*** Opening EXERCISE DATA ***

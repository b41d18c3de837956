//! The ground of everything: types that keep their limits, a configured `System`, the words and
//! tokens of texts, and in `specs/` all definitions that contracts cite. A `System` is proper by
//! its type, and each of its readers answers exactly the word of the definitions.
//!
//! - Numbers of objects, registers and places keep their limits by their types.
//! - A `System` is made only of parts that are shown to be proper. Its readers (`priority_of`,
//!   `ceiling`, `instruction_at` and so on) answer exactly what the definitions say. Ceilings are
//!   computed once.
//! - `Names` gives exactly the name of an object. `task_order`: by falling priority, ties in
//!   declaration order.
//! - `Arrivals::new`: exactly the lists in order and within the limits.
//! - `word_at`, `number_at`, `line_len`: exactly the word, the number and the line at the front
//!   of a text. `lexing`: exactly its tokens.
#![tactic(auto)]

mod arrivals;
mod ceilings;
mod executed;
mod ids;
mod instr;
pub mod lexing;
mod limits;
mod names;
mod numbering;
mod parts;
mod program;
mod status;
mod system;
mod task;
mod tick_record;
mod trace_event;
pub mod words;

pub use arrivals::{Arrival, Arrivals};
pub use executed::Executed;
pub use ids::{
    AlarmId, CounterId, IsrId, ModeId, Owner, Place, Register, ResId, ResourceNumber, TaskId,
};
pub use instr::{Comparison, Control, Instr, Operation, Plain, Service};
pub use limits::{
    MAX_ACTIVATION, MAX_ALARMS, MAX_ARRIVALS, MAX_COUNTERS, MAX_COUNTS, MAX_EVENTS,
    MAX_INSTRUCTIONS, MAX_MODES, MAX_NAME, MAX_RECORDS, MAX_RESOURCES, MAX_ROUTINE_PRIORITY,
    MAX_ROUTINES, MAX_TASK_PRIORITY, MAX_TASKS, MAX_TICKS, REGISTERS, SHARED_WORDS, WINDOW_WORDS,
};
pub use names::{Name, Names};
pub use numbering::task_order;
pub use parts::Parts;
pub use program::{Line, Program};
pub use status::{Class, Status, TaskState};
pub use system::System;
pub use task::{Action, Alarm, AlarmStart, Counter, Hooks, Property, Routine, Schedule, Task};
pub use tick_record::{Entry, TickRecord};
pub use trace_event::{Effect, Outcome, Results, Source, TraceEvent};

*** Closing EXERCISE DATA ***
*** Opening EXERCISE DATA ***

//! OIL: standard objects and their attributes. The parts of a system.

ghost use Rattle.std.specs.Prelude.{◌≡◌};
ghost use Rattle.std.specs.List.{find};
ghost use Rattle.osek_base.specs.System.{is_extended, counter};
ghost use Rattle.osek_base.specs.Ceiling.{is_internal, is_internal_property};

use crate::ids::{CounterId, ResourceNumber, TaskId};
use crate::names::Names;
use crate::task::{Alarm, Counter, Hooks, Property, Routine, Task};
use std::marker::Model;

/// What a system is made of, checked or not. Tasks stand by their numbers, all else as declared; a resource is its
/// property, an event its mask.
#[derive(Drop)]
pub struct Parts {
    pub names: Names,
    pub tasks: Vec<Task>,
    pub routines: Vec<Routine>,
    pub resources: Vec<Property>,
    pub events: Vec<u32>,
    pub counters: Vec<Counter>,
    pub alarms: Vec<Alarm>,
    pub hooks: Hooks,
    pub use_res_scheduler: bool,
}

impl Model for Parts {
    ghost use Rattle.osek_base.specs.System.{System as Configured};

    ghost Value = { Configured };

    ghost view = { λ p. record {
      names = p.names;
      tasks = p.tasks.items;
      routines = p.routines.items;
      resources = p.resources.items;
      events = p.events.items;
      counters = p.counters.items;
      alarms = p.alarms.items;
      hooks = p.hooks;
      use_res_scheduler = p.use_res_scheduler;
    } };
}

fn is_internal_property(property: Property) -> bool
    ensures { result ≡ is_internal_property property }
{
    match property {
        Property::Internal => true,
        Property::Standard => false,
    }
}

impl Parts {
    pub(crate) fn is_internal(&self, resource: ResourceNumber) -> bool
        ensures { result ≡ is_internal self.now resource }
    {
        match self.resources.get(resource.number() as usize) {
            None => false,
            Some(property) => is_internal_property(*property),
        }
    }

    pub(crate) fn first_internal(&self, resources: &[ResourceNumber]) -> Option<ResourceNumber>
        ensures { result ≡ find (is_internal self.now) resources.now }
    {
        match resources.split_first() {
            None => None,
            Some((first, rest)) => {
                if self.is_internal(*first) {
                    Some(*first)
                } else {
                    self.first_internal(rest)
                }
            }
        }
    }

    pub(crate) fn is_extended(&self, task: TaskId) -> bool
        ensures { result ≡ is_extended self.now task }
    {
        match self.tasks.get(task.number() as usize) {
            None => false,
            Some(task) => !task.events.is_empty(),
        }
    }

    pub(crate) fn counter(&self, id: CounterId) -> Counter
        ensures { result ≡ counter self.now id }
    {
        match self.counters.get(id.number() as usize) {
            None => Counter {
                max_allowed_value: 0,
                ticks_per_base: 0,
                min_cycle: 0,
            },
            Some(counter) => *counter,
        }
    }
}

*** Closing EXERCISE DATA ***

- _REQUIRED ACTION_: Please return all lines above in which the string "made" is found.

- _SOLUTION FOR THIS TASK_:
//! - A `System` is made only of parts that are shown to be proper. Its readers (`priority_of`,
/// What a system is made of, checked or not. Tasks stand by their numbers, all else as declared; a resource is its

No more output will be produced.